◆ What is required ◆
Restate verbatim the span of lines below between the line with "fn from(_: AllocError)" and the line with "fn zeros(alloc: Global, len: usize)", including those two lines, and only that span.
BEGIN Dataset extract
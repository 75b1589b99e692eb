// Literals: what a letter or a define asks for, as masks and store tests, and reading one literal after another.
ghost use Rattle.std.specs.Prelude.{◌≡◌, true, ◌&&◌, List, ℕ, ◌+◌, ◌-◌, ◌*◌, ◌^◌, ◌<◌, ◌≤◌, eqb, length};
ghost use Rattle.lexer.specs.Bytes.{same};
ghost use Rattle.lexer.specs.declared.Kind.TheVariants as kind;
ghost use Rattle.meaning.specs.Expression.{Literal};
ghost use Rattle.masks.specs.Masks.{compatible};
ghost use Rattle.rules.specs.Cells.{link, held_at, StoreAt, DefineAt};
ghost use Rattle.rules.specs.NamesFound.{FindsCell};
ghost use Rattle.rules.specs.Conditions.{TestsAre, Joined, Linked, LinkedBoth, HeldBoth, Given, told_literals, Adds, AllAdded, by_store, by_define, by_test, by_name, Frugal};
ghost use Rattle.rules.specs.Picks.{spelt, bytes_of};
ghost use Rattle.meaning.specs.Reading.{sign, bit_index, store_equals, wire_equals, past_name, wire_more, negated, literal, literal_more};
ghost use Rattle.rules.specs.Seen.{is_name, Sees};
ghost use Rattle.rules.specs.Reads.{read_from};

use super::names::{NameKind, find, find_kind};
use super::tokens::{Misread, number_to, see, sign};
use lexer::{Kind, Sign, Token, Word, equal};
use masks::compatible;
use refusals::Refusal;
use words::{part0, part1, part2, part3, quad};

// The wires looked at and the values wanted there; whether no wire is wanted both ways; how many store tests there are,
// three standing for any more; the last of their links, where there are at most two; and the index of the word that has
// the wires to be as before (0: none).
// no plainer as Option: `link` and `held` stand so in words, four bare numbers to a word, where 0 is none
#[derive(Clone, Copy)]
pub(crate) struct Condition {
    pub(crate) look: u64,
    pub(crate) want: u64,
    pub(crate) agrees: bool,
    pub(crate) tests: usize,
    pub(crate) link: usize,
    pub(crate) held: usize,
}

// A condition with its words, and where to read on.
#[derive(Drop)]
pub(crate) struct Literals {
    pub(crate) at: usize,
    pub(crate) free: usize,
    pub(crate) condition: Condition,
}

// The largest number of so many bits.
pub(crate) fn largest(width: usize) -> u64
    requires { width ≤ 64 }
    ensures { result ≡ 2 ^ width - 1 }
{
    if width == 64 {
        return u64::MAX;
    }
    (1 << width) - 1
}

// A number moved up to a bit.
fn moved(value: u64, width: usize, lo: usize) -> u64
    requires { (value < 2 ^ width) × (lo + width ≤ 64) × (1 ≤ width) }
    ensures { result ≡ value * 2 ^ lo }
{
    value << lo
}

// Whether a condition and masks besides want nothing both ways.
fn agree_too(q: Condition, look: u64, want: u64, agrees: bool) -> bool
    ensures { result ≡ ((q.agrees && agrees) && compatible q.look q.want look want) }
{
    q.agrees && agrees && compatible(q.look, q.want, look, want)
}
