// What a candidate answers to a seat.

/// What a candidate answers to a seat: keep it, keep it unless a better programme comes,
/// the same within the seat's institute, or leave.
#[derive(Clone, Copy, Debug, PartialEq, Eq)]
pub enum Choice {
    Freeze,
    Float,
    Slide,
    Withdraw,
}
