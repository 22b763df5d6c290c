// The steps of a programme, as a table: which step fills the seats of a category, and which empty seats are given away.
ghost use Rattle.std.specs.Prelude.{◌≡◌};
ghost use Rattle.office_base.specs.CategorySteps.{gives_up};

use crate::{Category, StepKind};

/// When the seats that a category left empty go to the de-reserved step.
#[derive(Clone, Copy, PartialEq, Eq)]
pub enum GivesUp {
    Never,
    /// In this version of the bundle alone.
    InVersion(u8),
    Always,
}

/// The step that fills the seats of a category.
#[derive(Clone, Copy, PartialEq, Eq)]
pub struct CategoryStep {
    pub step: StepKind,
    pub category: Category,
    pub gives_up: GivesUp,
}

/// How many categories have seats of their own.
pub const CATEGORY_COUNT: usize = 4;

/// How many steps have seats of their own: the open one, and that of each such category.
pub const OWN_COUNT: usize = CATEGORY_COUNT + 1;

/// How many steps there are: the last one is the de-reserved step.
pub const STEP_COUNT: usize = OWN_COUNT + 1;

/// The steps that have seats of their own, in the order in which a programme fills them.
pub const OWN_STEPS: [StepKind; OWN_COUNT] = [
    StepKind::Open,
    StepKind::Ews,
    StepKind::Obc,
    StepKind::Sc,
    StepKind::St,
];

/// All steps, in their order.
pub const ALL_STEPS: [StepKind; STEP_COUNT] = [
    StepKind::Open,
    StepKind::Ews,
    StepKind::Obc,
    StepKind::Sc,
    StepKind::St,
    StepKind::Dereserved,
];

/// The categories that have seats of their own, in the order in which a programme fills them. OBC gives its empty seats
/// away in each version of the bundle, and EWS in version 2. The empty seats of SC and ST stay empty.
pub const CATEGORY_STEPS: [CategoryStep; CATEGORY_COUNT] = [
    CategoryStep {
        step: StepKind::Ews,
        category: Category::Ews,
        gives_up: GivesUp::InVersion(2),
    },
    CategoryStep {
        step: StepKind::Obc,
        category: Category::Obc,
        gives_up: GivesUp::Always,
    },
    CategoryStep {
        step: StepKind::Sc,
        category: Category::Sc,
        gives_up: GivesUp::Never,
    },
    CategoryStep {
        step: StepKind::St,
        category: Category::St,
        gives_up: GivesUp::Never,
    },
];

/// Returns whether the empty seats of a category go to the de-reserved step in this version of the bundle.
pub fn gives_up(row: CategoryStep, version: u8) -> bool
    ensures { result ≡ gives_up row version }
{
    match row.gives_up {
        GivesUp::Never => false,
        GivesUp::InVersion(only) => version == only,
        GivesUp::Always => true,
    }
}
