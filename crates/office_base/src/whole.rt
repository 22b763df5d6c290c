// A source read to its end, and a piece written whole.
ghost use Rattle.std.specs.Prelude.{◌≡◌, ◌≤◌, ℕ, length, take, IfOk, OnOk, OnErr, IsErrOf, Option, List, [], ◌<◌, vec_len};
ghost use Rattle.office_base.specs.Outside.{Fails, Rose, Took, IsAtEnd, TookMore, Appends};
ghost use Rattle.office_base.specs.declared.whole.ReadFault.TheVariants.{Failed as SourceFailed, TooLong, OutOfMemory as NoMemory};

use crate::{Failed, OutOfMemory, Sink, Source, Text};
use std::alloc::{AllocError, Global};

/// Why a source was not read to its end.
#[derive(Clone, Copy, Debug, PartialEq, Eq, thiserror::Error)]
pub enum ReadFault {
    /// The source failed: its count of faults rose.
    #[error("the source failed")]
    Failed,
    /// The source gives more bytes than the limit.
    #[error("too long")]
    TooLong,
    /// Memory for the bytes ran out.
    #[error("out of memory")]
    OutOfMemory,
}

impl From<Failed> for ReadFault {
    ghost from_gives = { λ _ fault. fault ≡ SourceFailed };

    fn from(_: Failed) -> Self {
        ReadFault::Failed
    }
}

impl From<OutOfMemory> for ReadFault {
    ghost from_gives = { λ _ fault. fault ≡ NoMemory };

    fn from(_: OutOfMemory) -> Self {
        ReadFault::OutOfMemory
    }
}

impl From<AllocError> for ReadFault {
    ghost from_gives = { λ _ fault. fault ≡ NoMemory };

    fn from(_: AllocError) -> Self {
        ReadFault::OutOfMemory
    }
}

// How many bytes one read asks for.
const BUFFER_LEN: usize = 65_536;

// Returns that many zero bytes.
fn zeros(alloc: Global, len: usize) -> Result<Vec<u8>, AllocError>
    ensures { IfOk result (λ bytes. vec_len bytes ≡ len) }
{
    vec![in alloc; 0u8; len]
}

// Puts the bytes of a source into `bytes`, up to its end, by way of the buffer.
fn read_through<S: Source>(
    mut bytes: Text,
    source: &mut S,
    buffer: &mut [u8],
    limit: usize,
) -> Result<Text, ReadFault>
    requires none { bytes ≡ [] }
    requires room { 0 < length buffer.old }
    ensures taken { IfOk result (λ all. Took all (S.left source.old) (S.left source.new)) }
    ensures ended { IfOk result (λ all. IsAtEnd (S.left source.new)) }
    ensures short { IfOk result (λ all. length all ≤ limit) }
    ensures too_long { IsErrOf result ReadFault.TooLong
        → TookMore limit (S.left source.old) (S.left source.new) }
    ensures blamed { Fails (IsErrOf result ReadFault.Failed)
        (S.faults source.old) (S.faults source.new) }
{
    loop {
        let count = source.read(buffer)?;
        if count == 0 {
            return Ok(bytes);
        }
        if count > limit - bytes.len() {
            return Err(ReadFault::TooLong);
        }
        bytes.extend_from_slice(&buffer[..count])?;
    }
}

/// Returns the bytes of a source up to its end, at most `limit` of them. It keeps at most `limit` bytes and one buffer.
/// It stops at the first failure: unless it returns `Failed`, the source did not fail.
pub fn read_whole<S: Source>(alloc: Global, source: &mut S, limit: usize) -> Result<Text, ReadFault>
    ensures taken { IfOk result (λ bytes. Took bytes (S.left source.old) (S.left source.new)) }
    ensures ended { IfOk result (λ bytes. IsAtEnd (S.left source.new)) }
    ensures short { IfOk result (λ bytes. length bytes ≤ limit) }
    ensures too_long { IsErrOf result ReadFault.TooLong
        → TookMore limit (S.left source.old) (S.left source.new) }
    ensures blamed { Fails (IsErrOf result ReadFault.Failed)
        (S.faults source.old) (S.faults source.new) }
{
    let mut buffer = zeros(alloc, BUFFER_LEN)?;
    read_through(Text::new(alloc), source, &mut buffer, limit)
}

/// Writes a piece whole. After an `Err` a prefix of it was written. It stops at the first failure:
/// if it returns `Ok`, the sink did not fail.
pub fn write_whole<K: Sink>(sink: &mut K, piece: &[u8]) -> Result<(), Failed>
    ensures ok { OnOk result (Appends piece.now (K.written sink.old) (K.written sink.new)) }
    ensures err { OnErr result ((n : ℕ)
        × Appends (take n piece.now) (K.written sink.old) (K.written sink.new)) }
    ensures cause { OnErr result (Rose (K.faults sink.old) (K.faults sink.new)) }
    ensures count { K.faults sink.old ≤ K.faults sink.new }
    ensures steady { OnOk result (K.faults sink.new ≡ K.faults sink.old) }
{
    let mut rest = piece;
    while !rest.is_empty() {
        let count = sink.write(rest)?;
        (_, rest) = rest.split_at(count);
    }
    Ok(())
}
END Dataset extract
◆ Written answer ◆
    fn from(_: AllocError) -> Self {
        ReadFault::OutOfMemory
    }
}

// How many bytes one read asks for.
const BUFFER_LEN: usize = 65_536;

// Returns that many zero bytes.
fn zeros(alloc: Global, len: usize) -> Result<Vec<u8>, AllocError>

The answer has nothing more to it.